[Records drawn from a dataset]
↓↓↓

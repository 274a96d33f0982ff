//! What a member is to say, and what is expected of its value.

ghost use Rattle.std.specs.Prelude.{◌≡◌, false, option_map, unwrap_or};
ghost use Rattle.cvss_audit.specs.Differences.{begins_with_digit, claim_view, expected_by, expected_number, is_numeric};
ghost use Rattle.cvss_report.specs.Record.{expected_view};
ghost use Rattle.serde_json.specs.Find.{as_str};
ghost use Rattle.serde_json.specs.View.{view};

use crate::expected::scores::minus_two_tenths;
use cvss_report::Expected;
use serde_json::Value;

/// What a member is to say.
#[derive(Clone, Copy)]
pub(crate) enum Claim {
    /// So many tenths, if it is a number or a string that is written as one.
    Number(u8),
    /// The same of an impact, which may be 0 or -0.2 where it is below 0.
    Impact(u8, bool),
    /// This text.
    Text(&'static str),
    /// This severity, unless it is `unknown`.
    Severity(&'static str),
}

/// What is expected of a value by a claim, if anything is.
pub(crate) fn expected_by(claim: Claim, said: &Value) -> Option<Expected>
    ensures { option_map expected_view result ≡ expected_by (claim_view claim) (view said.now) }
{
    match claim {
        Claim::Number(tenths) => expected_number(tenths, said),
        Claim::Impact(tenths, is_below_zero) => {
            if is_below_zero && said.as_f64() == Some(minus_two_tenths()) {
                None
            } else {
                expected_number(tenths, said)
            }
        }
        Claim::Text(text) => Some(Expected::Text(text)),
        Claim::Severity(text) => {
            if said.as_str() == Some("unknown") {
                None
            } else {
                Some(Expected::Text(text))
            }
        }
    }
}

/// So many tenths, if a value is a number or a string that is written as one.
fn expected_number(tenths: u8, said: &Value) -> Option<Expected>
    ensures { option_map expected_view result ≡ expected_number tenths (view said.now) }
{
    if is_numeric(said) {
        Some(Expected::Score(tenths))
    } else {
        None
    }
}

/// Whether a value is a number, or a string that is written as one.
fn is_numeric(said: &Value) -> bool
    ensures { result ≡ is_numeric (view said.now) }
{
    said.is_number() || is_number_text(said)
}

fn is_number_text(said: &Value) -> bool
    ensures { result ≡ unwrap_or (option_map begins_with_digit (as_str (view said.now))) false }
{
    match said.as_str() {
        Some(text) => begins_with_digit(text.as_bytes()),
        None => false,
    }
}

fn begins_with_digit(text: &[u8]) -> bool
    ensures { result ≡ begins_with_digit text.now }
{
    match text {
        [first, ..] => first.is_ascii_digit(),
        [] => false,
    }
}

↑↑↑

Work to complete:
Beginning with the line above that contains "said.is_number() || is_number_text(said)", copy each line exactly up to and including the line that contains "[first, ..] =>", and go no further.

Completed task:
    said.is_number() || is_number_text(said)
}

fn is_number_text(said: &Value) -> bool
    ensures { result ≡ unwrap_or (option_map begins_with_digit (as_str (view said.now))) false }
{
    match said.as_str() {
        Some(text) => begins_with_digit(text.as_bytes()),
        None => false,
    }
}

fn begins_with_digit(text: &[u8]) -> bool
    ensures { result ≡ begins_with_digit text.now }
{
    match text {
        [first, ..] => first.is_ascii_digit(),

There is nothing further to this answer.